Stored data:
============================================================

//! The asks of a user's file, answered one after another.

ghost use Rattle.std.specs.Prelude.{◌≡◌, ◌<◌, length, IfOk, OnOk};
ghost use Rattle.std.specs.List.{AllByRecursion, flat_map};
ghost use Rattle.bank_model.specs.Rules.{ask_answer, ask_answers, named_by};
ghost use Rattle.bank_model.specs.Sound.{IsSoundAsk};
ghost use Rattle.bank_accounts.specs.HeldAccounts.{AreHeld};
ghost use Rattle.bank_ledger.specs.DraftView.{drafted, IsSameFile};

use crate::reply_bound::ReplyBound;
use crate::sync::sync;
use bank_deeds::answer_deed;
use bank_ledger::Draft;
use bank_queries::statement_of;
use ofx_types::{Ask, AskReplies, AskReply, OutOfMemory, Sequence};
use std::alloc::Global;

/// Answers asks in their order, and adds what they do. Refused where the answers are longer than the bound.
pub(crate) fn answer_asks(
    draft: &mut Draft<'_>,
    alloc: Global,
    asks: &[Ask],
    bound: ReplyBound,
) -> Result<AskReplies, OutOfMemory>
    requires known { draft.old.user.0 < length draft.old.setup.users }
    requires asks { AllByRecursion IsSoundAsk asks.now }
    requires named { AreHeld draft.old.held (flat_map (named_by draft.old.setup) asks.now) }
    ensures replies { IfOk result (λ replies. replies ≡ (ask_answers draft.old.setup (drafted draft.old)
        draft.old.user draft.old.at asks.now).replies) }
    ensures after { OnOk result (drafted draft.new ≡ (ask_answers draft.old.setup
        (drafted draft.old) draft.old.user draft.old.at asks.now).after) }
    ensures file { OnOk result (IsSameFile draft.old draft.new) }
{
    let mut replies = Vec::with_capacity(alloc, asks.len())?;
    let mut left = bound;
    for ask in asks {
        let reply = answer_ask(draft, alloc, ask)?;
        left = left.after(&reply)?;
        replies.push(reply)?;
    }
    Ok(Sequence::from_vec(replies))
}

/// Answers an ask, and adds what it does.
fn answer_ask(draft: &mut Draft<'_>, alloc: Global, ask: &Ask) -> Result<AskReply, OutOfMemory>
    requires known { draft.old.user.0 < length draft.old.setup.users }
    requires ask { IsSoundAsk ask.now }
    requires named { AreHeld draft.old.held (named_by draft.old.setup ask.now) }
    ensures reply { IfOk result (λ reply. reply ≡ (ask_answer draft.old.setup (drafted draft.old)
        draft.old.user draft.old.at ask.now).reply) }
    ensures after { OnOk result (drafted draft.new ≡ (ask_answer draft.old.setup
        (drafted draft.old) draft.old.user draft.old.at ask.now).after) }
    ensures file { OnOk result (IsSameFile draft.old draft.new) }
{
    match ask {
        Ask::Statement(trnuid, name, period) => {
            let reply = statement_of(draft, alloc, trnuid, name, *period)?;
            Ok(reply)
        }
        Ask::One(trnuid, deed) => {
            let reply = answer_deed(draft, alloc, None, trnuid, deed)?;
            Ok(AskReply::One(reply))
        }
        Ask::Sync(ask) => {
            let reply = sync(draft, alloc, ask)?;
            Ok(AskReply::Sync(reply))
        }
    }
}
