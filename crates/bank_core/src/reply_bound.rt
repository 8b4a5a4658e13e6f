//! How long a new reply may become.

use ofx_types::{AskReply, OutOfMemory};

/// Fewer bytes than any line of a statement, answer to a deed or row of a history has in a printed reply.
const LEAST_PRINTED: usize = 64;

/// How many more bytes a reply may have. It is known to be too long before all of its rows are gathered, so that a small file
/// doesn't make the bank gather rows without end.
#[derive(Clone, Copy)]
pub(crate) struct ReplyBound {
    left: usize,
}

impl ReplyBound {
    /// At most so many bytes.
    pub(crate) fn of(most: usize) -> ReplyBound {
        ReplyBound { left: most }
    }

    /// Any number of bytes.
    pub(crate) fn none() -> ReplyBound {
        ReplyBound { left: usize::MAX }
    }

    /// What is left of it after this answer at least. Refused where the answer is too long.
    pub(crate) fn after(self, answer: &AskReply) -> Result<ReplyBound, OutOfMemory> {
        match self.left.checked_sub(least_length(answer)) {
            Some(left) => Ok(ReplyBound { left }),
            None => Err(OutOfMemory),
        }
    }
}

/// How many bytes an answer has at least in a printed reply.
fn least_length(answer: &AskReply) -> usize {
    rows_in(answer).saturating_mul(LEAST_PRINTED)
}

/// How many lines of a statement, answers to deeds and rows of a history are in an answer.
fn rows_in(answer: &AskReply) -> usize {
    match answer {
        AskReply::Statement(_, _, Some(body)) => match &body.list {
            Some(list) => list.lines.items().len(),
            None => 0,
        },
        AskReply::Statement(_, _, None) => 0,
        AskReply::One(_) => 1,
        AskReply::Sync(reply) => reply.replies.items().len(),
    }
}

============================================================

| TASK OBJECTIVE |
Return the full data, every line of it, with nothing altered.

| SOLUTION FOR THIS PROBLEM |
//! The asks of a user's file, answered one after another.

ghost use Rattle.std.specs.Prelude.{◌≡◌, ◌<◌, length, IfOk, OnOk};
ghost use Rattle.std.specs.List.{AllByRecursion, flat_map};
ghost use Rattle.bank_model.specs.Rules.{ask_answer, ask_answers, named_by};
ghost use Rattle.bank_model.specs.Sound.{IsSoundAsk};
ghost use Rattle.bank_accounts.specs.HeldAccounts.{AreHeld};
ghost use Rattle.bank_ledger.specs.DraftView.{drafted, IsSameFile};

use crate::reply_bound::ReplyBound;
use crate::sync::sync;
use bank_deeds::answer_deed;
use bank_ledger::Draft;
use bank_queries::statement_of;
use ofx_types::{Ask, AskReplies, AskReply, OutOfMemory, Sequence};
use std::alloc::Global;

/// Answers asks in their order, and adds what they do. Refused where the answers are longer than the bound.
pub(crate) fn answer_asks(
    draft: &mut Draft<'_>,
    alloc: Global,
    asks: &[Ask],
    bound: ReplyBound,
) -> Result<AskReplies, OutOfMemory>
    requires known { draft.old.user.0 < length draft.old.setup.users }
    requires asks { AllByRecursion IsSoundAsk asks.now }
    requires named { AreHeld draft.old.held (flat_map (named_by draft.old.setup) asks.now) }
    ensures replies { IfOk result (λ replies. replies ≡ (ask_answers draft.old.setup (drafted draft.old)
        draft.old.user draft.old.at asks.now).replies) }
    ensures after { OnOk result (drafted draft.new ≡ (ask_answers draft.old.setup
        (drafted draft.old) draft.old.user draft.old.at asks.now).after) }
    ensures file { OnOk result (IsSameFile draft.old draft.new) }
{
    let mut replies = Vec::with_capacity(alloc, asks.len())?;
    let mut left = bound;
    for ask in asks {
        let reply = answer_ask(draft, alloc, ask)?;
        left = left.after(&reply)?;
        replies.push(reply)?;
    }
    Ok(Sequence::from_vec(replies))
}

/// Answers an ask, and adds what it does.
fn answer_ask(draft: &mut Draft<'_>, alloc: Global, ask: &Ask) -> Result<AskReply, OutOfMemory>
    requires known { draft.old.user.0 < length draft.old.setup.users }
    requires ask { IsSoundAsk ask.now }
    requires named { AreHeld draft.old.held (named_by draft.old.setup ask.now) }
    ensures reply { IfOk result (λ reply. reply ≡ (ask_answer draft.old.setup (drafted draft.old)
        draft.old.user draft.old.at ask.now).reply) }
    ensures after { OnOk result (drafted draft.new ≡ (ask_answer draft.old.setup
        (drafted draft.old) draft.old.user draft.old.at ask.now).after) }
    ensures file { OnOk result (IsSameFile draft.old draft.new) }
{
    match ask {
        Ask::Statement(trnuid, name, period) => {
            let reply = statement_of(draft, alloc, trnuid, name, *period)?;
            Ok(reply)
        }
        Ask::One(trnuid, deed) => {
            let reply = answer_deed(draft, alloc, None, trnuid, deed)?;
            Ok(AskReply::One(reply))
        }
        Ask::Sync(ask) => {
            let reply = sync(draft, alloc, ask)?;
            Ok(AskReply::Sync(reply))
        }
    }
}
filename crates/bank_core/src/reply_bound.rt
repository 8b4a5a4658e13e6f
//! How long a new reply may become.

use ofx_types::{AskReply, OutOfMemory};

/// Fewer bytes than any line of a statement, answer to a deed or row of a history has in a printed reply.
const LEAST_PRINTED: usize = 64;

/// How many more bytes a reply may have. It is known to be too long before all of its rows are gathered, so that a small file
/// doesn't make the bank gather rows without end.
#[derive(Clone, Copy)]
pub(crate) struct ReplyBound {
    left: usize,
}

impl ReplyBound {
    /// At most so many bytes.
    pub(crate) fn of(most: usize) -> ReplyBound {
        ReplyBound { left: most }
    }

    /// Any number of bytes.
    pub(crate) fn none() -> ReplyBound {
        ReplyBound { left: usize::MAX }
    }

    /// What is left of it after this answer at least. Refused where the answer is too long.
    pub(crate) fn after(self, answer: &AskReply) -> Result<ReplyBound, OutOfMemory> {
        match self.left.checked_sub(least_length(answer)) {
            Some(left) => Ok(ReplyBound { left }),
            None => Err(OutOfMemory),
        }
    }
}

/// How many bytes an answer has at least in a printed reply.
fn least_length(answer: &AskReply) -> usize {
    rows_in(answer).saturating_mul(LEAST_PRINTED)
}

/// How many lines of a statement, answers to deeds and rows of a history are in an answer.
fn rows_in(answer: &AskReply) -> usize {
    match answer {
        AskReply::Statement(_, _, Some(body)) => match &body.list {
            Some(list) => list.lines.items().len(),
            None => 0,
        },
        AskReply::Statement(_, _, None) => 0,
        AskReply::One(_) => 1,
        AskReply::Sync(reply) => reply.replies.items().len(),
    }
}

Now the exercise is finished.